I found a solution :

	ruby {
  		init => '@c=0
		@name_file=""
		'
  		
		code => '
		if @c==0		
		@name_file = event.get("Link_for_file")
		end
		
		if @name_file != event.get("Link_for_file")
		@c=1
		@name_file = event.get("Link_for_file")	
		end
		
		@c += 1
  		event.set("debug", @name_file)
		event.set("count",@c)
		'
	     }

It's not the best solution (I don't need the counter) but it works.
It has 2 defect :
-it's slower (it can work only if I use 1 cpu)
-read all the file but take only 1 entry (i waste time reading all the file, it's better if I read only the file name or only the first line (but I don't know how :expressionless:))

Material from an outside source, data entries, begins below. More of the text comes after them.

// The margin of one lot, from the lines of a sheet, and what the pairs of an option use of them.
#![tactic(auto)]

ghost use Rattle.std.specs.Prelude.{◌≡◌, true, ◌≤◌};
ghost use Rattle.levels.specs.Each.{AtEach, AtBoth, AtThree};
ghost use Rattle.levels.specs.Levels.{per_level, both_levels, flat, rates_of};
ghost use Rattle.levels.specs.Ranges.{AtMost, rates_fit};
ghost use Rattle.laws.specs.Truth.{pick};
ghost use Rattle.laws.specs.Refusals.{number_of};
ghost use Rattle.rounding.specs.Rounding.{to_dollar};
ghost use Rattle.amounts.specs.Lines.{index_fits, stock_fits, option_fits};
ghost use Rattle.amounts.specs.LineLaws.{IndexFacts, StockFacts, OptionFacts};
ghost use Rattle.amounts.specs.Singles.{portion, dollars, premium_value, out_of_money, single, index_margin, stock_margin, future_margin};
ghost use Rattle.amounts.specs.Limits.{lot_fits, terms_fit};
ghost use Rattle.amounts.specs.ValueLimits.{ValueFits, price_limit, rate_limit, exact_limit};
ghost use Rattle.amounts.specs.Lots.{future_lot, option_lot, refused_terms, fixed_future, stock_future, index_option, stock_option, index_terms, stock_terms};

use laws::Refusal;
use levels::Levels;

// What a sheet says of a listed option (its O line): A, B and C in dollars.
#[derive(Clone, Copy, Default)]
pub struct IndexLine {
    pub multiplier: u32,
    pub a: Levels,
    pub b: Levels,
    pub c: Levels,
    pub underlying: u32,
}

// What a sheet says of a stock (its S line): the clearing rates of its futures and its options, and c, in thousandths of a
// percent.
#[derive(Clone, Copy, Default)]
pub struct StockLine {
    pub shares: u32,
    pub future: u32,
    pub option: u32,
    pub c: Levels,
    pub disposition: u32,
    pub price: u32,
}

// One lot of a future, or one short lot of an option: its margin, and of an option its premium value, price and strike. With a
// refusal its number and zeros.
#[derive(Clone, Copy, Default)]
pub struct Lot {
    pub number: u8,
    pub margin: Levels,
    pub premium: u64,
    pub price: u32,
    pub strike: u32,
}

// What the pairs of an option code use beside their lots: multiplier, 10 percent of the parent's clearing margin or of the
// security value, and C. With a refusal its number and zeros.
#[derive(Clone, Copy, Default)]
pub struct Terms {
    pub number: u8,
    pub multiplier: u32,
    pub tenth: u64,
    pub c: Levels,
}

// What f makes of each level. Private, with the next one, as in levels: public ones would ask of their caller that f may be called, and no
// public function asks anything of its caller.
fn at_each<F: Fn(u64) -> u64>(l: Levels, f: F) -> Levels
    requires { AtEach (F.pre f) l }
    ensures { AtBoth (F.post f) l result }
{
    Levels {
        clearing: f(l.clearing),
        maintenance: f(l.maintenance),
        initial: f(l.initial),
    }
}

// What f makes of the two at each level.
fn at_both<F: Fn(u64, u64) -> u64>(l: Levels, m: Levels, f: F) -> Levels
    requires { AtBoth (F.pre f) l m }
    ensures { AtThree (F.post f) l m result }
{
    Levels {
        clearing: f(l.clearing, m.clearing),
        maintenance: f(l.maintenance, m.maintenance),
        initial: f(l.initial, m.initial),
    }
}

// Whether the numbers of an O line are in their ranges.
#[tactic(auto, unfolding(crate::specs::Lines::index_fits))]
pub fn index_fits(o: IndexLine) -> bool
    ensures { result ≡ index_fits o }
{
    (1..=20000).contains(&o.multiplier)
        && (1..=100000000).contains(&o.underlying)
        && levels::levels_fit(100000000, o.a)
        && levels::levels_fit(100000000, o.b)
        && levels::levels_fit(100000000, o.c)
}

// Whether the numbers of an S line are in their ranges and on their steps.
#[tactic(auto, unfolding(crate::specs::Lines::stock_fits))]
pub fn stock_fits(s: StockLine) -> bool
    ensures { result ≡ stock_fits s }
{
    (1..=20000).contains(&s.shares)
        && (1..=100000000).contains(&s.price)
        && levels::rates_fit(s.future, s.disposition)
        && levels::rates_fit(s.option, s.disposition)
        && levels::levels_fit(100000, s.c)
}

// Whether an option's strike and price are in their ranges.
#[tactic(auto, unfolding(crate::specs::Lines::option_fits))]
fn option_fits(strike: u32, price: u32) -> bool
    ensures { result ≡ option_fits strike price }
{
    (1..=100000000).contains(&strike) && price <= 100000000
}

// A rate of a value, exact: price x multiplier x rate. The one place where it is shown to fit.
#[tactic(auto, unfolding(crate::specs::Singles::portion))]
fn portion_of(price: u64, multiplier: u64, rate: u64) -> u64
    requires { ValueFits price multiplier × (rate ≤ rate_limit) }
    ensures { (result ≡ portion price multiplier rate) × (result ≤ exact_limit) }
{
    price * multiplier * rate
}

// The same at each level.
fn portions_of(price: u64, multiplier: u64, rates: Levels) -> Levels
    requires { ValueFits price multiplier × AtMost rate_limit rates }
    ensures { (result ≡ per_level (portion price multiplier) rates) × AtMost exact_limit result }
{
    at_each(rates, |rate| portion_of(price, multiplier, rate))
}

// Dollars as exact amounts, and exact amounts as dollars, at each level.
#[tactic(auto, unfolding(crate::specs::Singles::dollars))]
fn exact_dollars(l: Levels) -> Levels
    requires { AtMost 100000000 l }
    ensures { (result ≡ per_level dollars l) × AtMost exact_limit result }
{
    at_each(l, |n| n * 100000000)
}

fn to_dollars(l: Levels) -> Levels
    ensures { result ≡ per_level to_dollar l }
{
    at_each(l, rounding::to_dollar)
}

// The dollars of price x multiplier.
#[tactic(auto, using(rounding::specs::RoundingLaws::dollars_of_thousandths), unfolding(crate::specs::Singles::premium_value, crate::specs::Singles::worth, crate::specs::Singles::portion))]
pub fn premium_value(price: u32, multiplier: u32) -> u64
    ensures { result ≡ premium_value price multiplier }
{
    rounding::half_up(price, multiplier, 1000, 1)
}

// The out-of-money amount, exact.
#[tactic(auto, unfolding(crate::specs::Singles::out_of_money, crate::specs::Singles::worth))]
fn out_of_money(call: bool, strike: u64, underlying: u64, multiplier: u64) -> u64
    requires { ValueFits strike multiplier × ValueFits underlying multiplier }
    ensures { result ≡ out_of_money call strike underlying multiplier }
{
    let out = if call {
        strike.saturating_sub(underlying)
    } else {
        underlying.saturating_sub(strike)
    };
    portion_of(out, multiplier, 100000)
}

// The margin of a single short option at one level, from exact amounts, rounded once.
#[tactic(auto, unfolding(crate::specs::Singles::single))]
fn single_at(premium: u64, out: u64, a: u64, b: u64) -> u64
    requires { (premium ≤ exact_limit) × ((a ≤ exact_limit) × (b ≤ exact_limit)) }
    ensures { result ≡ single premium out a b }
{
    rounding::to_dollar(premium + a.saturating_sub(out).max(b))
}

// The same at each level.
fn singles(premium: u64, out: u64, a: Levels, b: Levels) -> Levels
    requires { (premium ≤ exact_limit) × (AtMost exact_limit a × AtMost exact_limit b) }
    ensures { result ≡ both_levels (single premium out) a b }
{
    at_both(a, b, |a, b| single_at(premium, out, a, b))
}

// A single short option of an index.
#[tactic(auto, unfolding(crate::specs::Singles::index_margin, crate::specs::Singles::worth))]
fn index_margin(o: IndexLine, call: bool, strike: u32, price: u32) -> Levels
    requires { IndexFacts o × OptionFacts strike price }
    ensures { result ≡ index_margin o call strike price }
{
    let multiplier = o.multiplier as u64;
    let premium = portion_of(price as u64, multiplier, 100000);
    let out = out_of_money(call, strike as u64, o.underlying as u64, multiplier);
    singles(premium, out, exact_dollars(o.a), exact_dollars(o.b))
}

// A stock's rates, which fit.
#[tactic(auto, using(levels::specs::LevelLaws::rates_ok))]
fn rates_taken(rate: u32, disposition: u32) -> Levels
    requires { rates_fit rate disposition ≡ true }
    ensures { (result ≡ rates_of rate disposition) × AtMost rate_limit result }
{
    levels::stock_rates(rate, disposition).unwrap()
}

// The price that B of a stock option is taken of: the stock's for a call, the strike for a put.
fn base_price(call: bool, strike: u32, price: u32) -> u32
    requires { (strike ≤ price_limit) × (price ≤ price_limit) }
    ensures { (result ≡ pick call price strike) × (result ≤ price_limit) }
{
    if call { price } else { strike }
}

// A single short option of a stock.
#[tactic(auto, unfolding(crate::specs::Singles::stock_margin, crate::specs::Singles::worth))]
fn stock_margin(s: StockLine, call: bool, strike: u32, price: u32) -> Levels
    requires { StockFacts s × OptionFacts strike price }
    ensures { result ≡ stock_margin s call strike price }
{
    let shares = s.shares as u64;
    let a = rates_taken(s.option, s.disposition);
    let premium = portion_of(price as u64, shares, 100000);
    let out = out_of_money(call, strike as u64, s.price as u64, shares);
    let base = base_price(call, strike, s.price) as u64;
    singles(
        premium,
        out,
        portions_of(s.price as u64, shares, a),
        portions_of(base, shares, levels::halves(a)),
    )
}

// A stock future.
#[tactic(auto, unfolding(crate::specs::Singles::future_margin))]
fn future_margin(s: StockLine, price: u32) -> Levels
    requires { StockFacts s × (price ≤ price_limit) }
    ensures { result ≡ future_margin s price }
{
    let rates = rates_taken(s.future, s.disposition);
    to_dollars(portions_of(price as u64, s.shares as u64, rates))
}

// No lot: its number, and zeros.
fn no_lot(refusal: Refusal) -> Lot
    ensures { result ≡ future_lot (number_of refusal) (flat 0) }
{
    Lot {
        number: refusal.number(),
        ..Lot::default()
    }
}

// A value outside its range or off its step.
fn no_terms() -> Terms
    ensures { result ≡ refused_terms }
{
    Terms {
        number: Refusal::OutOfRange.number(),
        ..Terms::default()
    }
}

// A lot of a future, and one of an option.
fn future_lot(margin: Levels) -> Lot
    ensures { result ≡ future_lot 0 margin }
{
    Lot {
        margin,
        ..Lot::default()
    }
}

fn option_lot(margin: Levels, multiplier: u32, strike: u32, price: u32) -> Lot
    ensures { result ≡ option_lot margin multiplier strike price }
{
    Lot {
        number: 0,
        margin,
        premium: premium_value(price, multiplier),
        price,
        strike,
    }
}

// One lot of a fixed future, from the clearing amount of the full-size future and the part that it is of it.
#[tactic(auto, unfolding(crate::specs::Lots::fixed_future))]
pub fn fixed_future(clearing: u32, part: u32) -> Lot
    ensures { result ≡ fixed_future clearing part }
{
    match levels::fixed_levels(clearing, part) {
        Ok(margin) => future_lot(margin),
        Err(refusal) => no_lot(refusal),
    }
}

// One lot of a stock future, from its own price.
#[tactic(auto, unfolding(crate::specs::Lots::stock_future, crate::specs::Lines::future_asked))]
pub fn stock_future(s: StockLine, price: u32) -> Lot
    ensures { result ≡ stock_future s price }
{
    if stock_fits(s) && price <= 100000000 {
        return future_lot(future_margin(s, price));
    }
    no_lot(Refusal::OutOfRange)
}

// One short lot of an index option.
#[tactic(auto, using(crate::specs::LineLaws::index_is, crate::specs::LineLaws::option_is), unfolding(crate::specs::Lots::index_option, crate::specs::Lines::index_asked))]
pub fn index_option(o: IndexLine, call: bool, strike: u32, price: u32) -> Lot
    ensures { result ≡ index_option o call strike price }
{
    if index_fits(o) && option_fits(strike, price) {
        return option_lot(
            index_margin(o, call, strike, price),
            o.multiplier,
            strike,
            price,
        );
    }
    no_lot(Refusal::OutOfRange)
}

// One short lot of a stock option.
#[tactic(auto, unfolding(crate::specs::Lots::stock_option, crate::specs::Lines::stock_asked))]
pub fn stock_option(s: StockLine, call: bool, strike: u32, price: u32) -> Lot
    ensures { result ≡ stock_option s call strike price }
{
    if stock_fits(s) && option_fits(strike, price) {
        return option_lot(
            stock_margin(s, call, strike, price),
            s.shares,
            strike,
            price,
        );
    }
    no_lot(Refusal::OutOfRange)
}

// What the pairs of an index option use, with the clearing margin of its parent future.
#[tactic(auto, unfolding(crate::specs::Lots::index_terms, crate::specs::Lines::terms_asked))]
pub fn index_terms(o: IndexLine, clearing: u32) -> Terms
    ensures { result ≡ index_terms o clearing }
{
    if index_fits(o) && levels::clearing_fits(clearing) {
        return Terms {
            number: 0,
            multiplier: o.multiplier,
            tenth: clearing as u64 / 10,
            c: o.c,
        };
    }
    no_terms()
}

// What the pairs of a stock option use.
#[tactic(auto, using(crate::specs::LineLaws::value_fits, crate::specs::LineLaws::c_fits), unfolding(crate::specs::Lots::stock_terms))]
pub fn stock_terms(s: StockLine) -> Terms
    ensures { result ≡ stock_terms s }
{
    if stock_fits(s) {
        let price = s.price as u64;
        let shares = s.shares as u64;
        return Terms {
            number: 0,
            multiplier: s.shares,
            tenth: rounding::to_dollar(portion_of(price, shares, 10000)),
            c: to_dollars(portions_of(price, shares, s.c)),
        };
    }
    no_terms()
}

// Whether a lot is one that a sheet can give.
#[tactic(auto, unfolding(crate::specs::Limits::lot_fits))]
pub fn lot_fits(l: Lot) -> bool
    ensures { result ≡ lot_fits l }
{
    l.number == 0
        && levels::levels_fit(4430000000, l.margin)
        && l.premium <= 2000000000
        && l.price <= 100000000
        && l.strike <= 100000000
}

// Whether terms are ones that a sheet can give.
#[tactic(auto, unfolding(crate::specs::Limits::terms_fit))]
pub fn terms_fit(t: Terms) -> bool
    ensures { result ≡ terms_fit t }
{
    t.number == 0
        && t.multiplier <= 20000
        && t.tenth <= 200000000
        && levels::levels_fit(2000000000, t.c)
}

Thanks for your help @warkolm @Badger.

Hi @Badger .
I have a question: when I was reading the file with the file input and set the piplines worker to 1 everythings work fine. But when I'am reading the file with filebeat and then give to logstash the pipline workers are ignored and logstash start counting duble (multiple CPU). Why? The information that arrive from filebeat are maneged in different way?
You said before that each cpu use an instance of @c there is a way to use one globale varable of each cpu. In this article seems not possible Global variable? - #2 by Chemse. Can I use the field (like count) to save the object globaly (accessible by all cpu)?

I have noticed that file beat send multiple file at the same time (it start another one when I didn't finish the first one). Is that right? If yes there is a way to avoid it?
harverst_limit work fine with close_eof but is very slow there is a way to incrise his speed ?

This topic was automatically closed 28 days after the last reply. New replies are no longer allowed.